Bitung  

Sembilan Tuntutan Ratusan Masa Aksi saat Demo Bertajuk ‘Kembalikan Hak Hidup Nelayan’ 

Ratusan nelayan mengatasnamakan Aliansi Nelayan Kota Bitung, saat mengelar aksi demo di depan kantor Walikota Bitung. (doc.foto: Gawai.co)

Editor/Pewarta: Alfondswodi

BITUNG (Gawai.co) – Merasa dilecehkan dan diintimidasi oleh sistem regulasi Kementerian Kelautan Perikanan (KKP) RI, ratusan masyarakat yang tergabung di Aliansi Nelayan Kota Bitung, mengelar aksi damai. Rabu (17/5/2023).

Terkonfirmasi, ratusan nelayan saat mengelar aksi damai, diawali di lokasi kompleks Pelabuhan Perikanan Bitung dan kemudian bergerak menuju depan kantor Walikota Bitung dengan mendapatkan pengawalan dari jajaran Polres Bitung.

Dikesempatan itu, Wakil Wali Kota Bitung, didampingi sejumlah pejabat teras Pemkot Bitung, menerima dokumen tuntutan Aliansi Nelayan Kota Bitung.

Salah satu koordinator aksi, Decky Sompotan mengatakan, para nelayan di Kota Bitung lebih takut peraturan ketimbang badai di laut luas. Artinya, sepanjang sejarah, kami tidak merasakan manfaat KKP kecuali intimidasi sistemik yang mematikan.

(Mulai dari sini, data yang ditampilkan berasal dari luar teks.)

impl<F: Fn(Global, &mut Cursor<'_>, usize) -> Result<Got<Pattern>, Stop>> PatternLevel<F> {
    /// A field, from its name on.
    #[tactic(auto, unfolding(rx_parse_grammar::specs::parser::Patterns::long_field))]
    fn long_field(&self, alloc: Global, cursor: &mut Cursor<'_>) -> Result<Got<FieldPattern>, Stop>
        requires some { 0 < self.now.below }
        requires nests { Nests plain-Pattern spec.pattern self.now.below (F.pre self.now.pattern) (F.post self.now.pattern) }
        ensures reads { ReadsAs (got_of plain-FieldPattern) (spec.long_field (spec.pattern self.now.below) self.now.below cursor.old) result cursor.new }
        ensures low { IfOk result (λ x. x.height ≤ self.now.below) }
    {
        let name = cursor.expect(Symbol::Name)?;
        if cursor.sees(Symbol::Colon) {
            cursor.expect(Symbol::Colon)?;
            let inner = self.read(alloc, cursor)?;
            return Ok(field_of(alloc, name, inner)?);
        }
        Ok(bound_field(alloc, name.span, name, false)?)
    }

    /// A field with its pattern.
    #[tactic(auto, unfolding(rx_parse_grammar::specs::parser::Patterns::field_pattern))]
    fn field_pattern(
        &self,
        alloc: Global,
        cursor: &mut Cursor<'_>,
    ) -> Result<Got<FieldPattern>, Stop>
        requires { Nests plain-Pattern spec.pattern self.now.below (F.pre self.now.pattern) (F.post self.now.pattern) }
        ensures reads { ReadsAs (got_of plain-FieldPattern) (spec.field_pattern (spec.pattern self.now.below) self.now.below cursor.old) result cursor.new }
        ensures low { IfOk result (λ x. x.height ≤ self.now.below) }
    {
        match cursor.peek() {
            Symbol::Name => {
                if self.below < 1 {
                    return Err(cursor.too_deep());
                }
                self.long_field(alloc, cursor)
            }
            Symbol::Mut => {
                if self.below < 1 {
                    return Err(cursor.too_deep());
                }
                short_field(alloc, cursor, self.below)
            }
            _ => Err(cursor.refuse()),
        }
    }

    /// A variant, from behind the name of its enum.
    #[tactic(auto, unfolding(rx_parse_grammar::specs::parser::Patterns::variant_pattern))]
    fn variant_pattern(
        &self,
        alloc: Global,
        cursor: &mut Cursor<'_>,
        name: Token<'_>,
    ) -> Result<Got<Pattern>, Stop>
        requires { Nests plain-Pattern spec.pattern self.now.below (F.pre self.now.pattern) (F.post self.now.pattern) }
        ensures reads { ReadsAs (got_of plain-Pattern) (spec.variant_pattern (spec.pattern self.now.below) self.now.below (tok name.entry) cursor.old) result cursor.new }
        ensures low { IfOk result (λ x. x.height ≤ self.now.below + 1) }
    {
        cursor.expect(Symbol::ColonColon)?;
        let variant = cursor.expect(Symbol::Name)?;
        if cursor.sees(Symbol::OpenParen) {
            if self.below < 1 {
                return Err(cursor.too_deep());
            }
            cursor.expect(Symbol::OpenParen)?;
            let items = some_elements(alloc, cursor, self, Symbol::CloseParen)?;
            return Ok(variant_of(alloc, name, variant, items)?);
        }
        Ok(bare_variant(alloc, name, variant)?)
    }

    /// What stands in parentheses.
    fn in_parentheses(&self, alloc: Global, cursor: &mut Cursor<'_>) -> Result<Got<Pattern>, Stop>
        requires { Nests plain-Pattern spec.pattern self.now.below (F.pre self.now.pattern) (F.post self.now.pattern) }
        ensures reads { ReadsAs (got_of plain-Pattern) (lists.group (spec.pattern self.now.below) (λ s l. plain.tuple_pattern s (patterns_of l)) cursor.old) result cursor.new }
        ensures low { IfOk result (λ x. x.height ≤ self.now.below + 1) }
    {
        match group(alloc, cursor, self)? {
            Grouped::Alone(first) => Ok(first),
            Grouped::Parts(items, span) => Ok(tuple_of(items, span)),
        }
    }
}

Menurutnya, dengan adanya sistemik KKP, membuat berbagai pertanyaan, kata Sompotan, apakah profesi kami oleh KKP? Apakah KKP memahami benar arti nelayan?.

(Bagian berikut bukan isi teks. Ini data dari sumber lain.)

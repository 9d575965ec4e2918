//! What stands in place of the run: the call of the new function, and what is done with what it hands out.

ghost use Rattle.std.specs.Prelude.{◌≡◌, IfOk, map};
ghost use Rattle.rx_tree.specs.Plain as plain;
ghost use Rattle.rx_tree.specs.PlainOf.{plain-Expr, plain-Program};
ghost use Rattle.rx_hoist_plan.specs.PlainPlan.{plain-Mode, plain-Param, plain-Plan};
ghost use Rattle.rx_hoist_extraction.specs.Call as calls;
ghost use Rattle.rx_hoist_made.specs.PlainParts.{plain-Labels, plain-Parts, plain-RunParts};

use crate::arms::arms;
use crate::receiving::put_in_place;
use rx_core::{Boxed, List, Name, Span, keep, pushed};
use rx_hoist_made::{Parts, RunParts, declared, handed_on, has_enum, together, variable, written};
use rx_hoist_plan::{NamedPlan, Param};
use rx_modes_policy::Mode;
use rx_tree::{Expr, ExprNode, Ident, Program};
use std::alloc::{AllocError, Global};

/// A reference to a variable.
#[tactic(auto, using(rx_tree::proofs::Rules::expression_rules))]
fn borrowed(alloc: Global, span: Span, mutable: bool, name: &Name) -> Result<Expr, AllocError>
    ensures { IfOk result (λ it. plain-Expr it ≡ plain.borrow span mutable (plain.var span name.now)) }
{
    let place = variable(alloc, span, name)?;
    Ok(Expr {
        span,
        node: ExprNode::Borrow(mutable, Boxed::new(alloc, place)?),
    })
}

/// The argument for a parameter.
fn argument(alloc: Global, span: Span, mode: Mode, name: &Name) -> Result<Expr, AllocError>
    ensures { IfOk result (λ it. plain-Expr it ≡ calls.argument span (plain-Mode mode) name.now) }
{
    match mode {
        Mode::Value | Mode::Reborrow | Mode::View => variable(alloc, span, name),
        Mode::Shared => borrowed(alloc, span, false, name),
        Mode::Mut => borrowed(alloc, span, true, name),
    }
}

/// The arguments.
fn arguments(alloc: Global, span: Span, params: &[Param]) -> Result<List<Expr>, AllocError>
    ensures { IfOk result (λ it. map plain-Expr it ≡ calls.arguments span (map plain-Param params.now)) }
{
    let mut all = List::new(alloc);
    for param in params {
        let argument = argument(alloc, span, param.mode, &param.variable.name);
        let (next, held) = keep(all, argument)?;
        all = pushed(held, next)?;
    }
    Ok(all)
}

/// The call alone.
#[tactic(auto, using(rx_tree::proofs::Rules::expression_rules))]
fn bare_call(alloc: Global, plan: &NamedPlan, span: Span) -> Result<Expr, AllocError>
    ensures { IfOk result (λ it. plain-Expr it ≡ calls.bare_call (plain-Plan plan.now) span) }
{
    let arguments = arguments(alloc, span, plan.params.as_slice())?;
    let (callee, arguments) = keep(arguments, written(alloc, span, &plan.name))?;
    Ok(Expr {
        span,
        node: ExprNode::Call(callee, arguments),
    })
}

/// The match on the call.
#[tactic(auto, using(rx_tree::proofs::Rules::expression_rules))]
fn matched(
    alloc: Global,
    plan: &NamedPlan,
    span: Span,
    labels: &[Option<&Ident>],
    call: Expr,
) -> Result<Expr, AllocError>
    ensures { IfOk result (λ it. plain-Expr it ≡ plain.match span (plain-Expr call)
        (calls.arms (plain-Plan plan.now) span (plain-Labels labels.now) (plain-Plan plan.now).exits)) }
{
    let (arms, call) = keep(call, arms(alloc, plan, span, labels))?;
    let (call, arms) = keep(arms, Boxed::new(alloc, call))?;
    Ok(Expr {
        span,
        node: ExprNode::Match(call, arms),
    })
}

/// The call; with an enum the match on it.
fn whole_call(
    alloc: Global,
    plan: &NamedPlan,
    span: Span,
    labels: &[Option<&Ident>],
) -> Result<Expr, AllocError>
    ensures { IfOk result (λ it. plain-Expr it ≡ calls.whole_call (plain-Plan plan.now) span (plain-Labels labels.now)) }
{
    let call = bare_call(alloc, plan, span)?;
    if has_enum(plan.exits.as_slice()) {
        return matched(alloc, plan, span, labels, call);
    }
    Ok(call)
}

/// What stands in place of the run, with the labels of the loops round it, the innermost first.
pub fn replacement(
    alloc: Global,
    program: &Program,
    plan: &NamedPlan,
    span: Span,
    labels: &[Option<&Ident>],
    run: RunParts<'_>,
) -> Result<Parts, AllocError>
    ensures { IfOk result (λ it. plain-Parts it
        ≡ calls.replacement (plain-Program program.now) (plain-Plan plan.now) span (plain-Labels labels.now) (plain-RunParts run.entry)) }
{
    let call = whole_call(alloc, plan, span, labels)?;
    let handed = put_in_place(alloc, plan, span, run.stmts, call, handed_on(plan))?;
    let redeclared = declared(alloc, program, span, plan.redeclared.as_slice());
    let (redeclared, handed) = keep(handed, redeclared)?;
    let Parts { stmts, tail } = handed;
    let (stmts, tail) = keep(tail, together(stmts, redeclared))?;
    Ok(Parts { stmts, tail })
}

“Pasal 11 UU Nomor 31 Tahun 2004 tentang Perikanan: Nelayan dinyatakan sebagai“Orang yang mata pencahariannya melakukan penangkapan ikan untuk memenuhi kebutuhan hidup sehari-hari”. Kemudian ketentuan ini dirubah oleh UU Nomor 45 Tahun 2009 tentang Perubahan Atas UU No. 31 Tahun 2004, Nelayan dinyatakan sebagai, Orang yang mata pencahariannya melakukan penangkapan ikan untuk memenuhi kebutuhan hidup sehari-hari yang menggunakan kapal perikanan paling besar 5 (lima) gross ton (GT)”. kata Sompotan.

Bahkan menurutnya, Pasal 1 angka 3, 4, 5, 6 dan 7, UU No. 7 Tahun 2016 tentang Perlindungan dan Pemberdayaan Nelayan, Pembudi Daya Ikan & Petambak Garam, dinyatakan dalam 4 kategori yaitu Nelayan Kecil, Nelayan Tradisional, Nelayan Buruh, dan Nelayan Pemilik.

“Pasal 1 Angka 4 merubah kategori nelayan kecil dengan kriteria kapal penangkap ikan berukuran paling besar 10 GT, dan UU No. 6 Tahun 2023 yang mengesahkan PP Pengganti UU No. 2 Tahun 2022 tentang Cipta Kerja, merubah Pasal 1 Angka 30 UU No. 27 Tahun 2007 tentang PWP3K yang telah dirubah dengan UU No. 1 Tahun 2014,” bebernya.

Lebih lanjut, kata Sompotan, “Pemangku kepentingan utama adalah Para Pengguna Sumber Daya Pesisir dan Pulau-Pulau Kecil yang mempunyai kepentingan langsung dalam mengoptimalkan sumber daya pesisir dan pulau-pulau kecil, seperti nelayan tradisional, nelayan modern, pembididaya ikan, pengusaha pariwisata, pengusaha perikanan, dan masyarakat,” tambahannya.

Sementara itu, aktivis pemerhati masyarakat pesisir dan nelayan Sulut, Didi Koleangan, terminologi hukum mengenai Nelayan dalam berbagai undang-undang terkait, sesungguhnya menggambarkan tidak adanya konsep KKP untuk memberdayakan dan mengembangkan nelayan Indonesia demi kesejahteraan berkelanjutan serta kedaulatan maritim yang lestari, kecuali meluncurkan berbagai peraturan yang mencekik, memberangus kearifan lokal serta budaya maritim, dan menyuntik mati nelayan, demi PNBP.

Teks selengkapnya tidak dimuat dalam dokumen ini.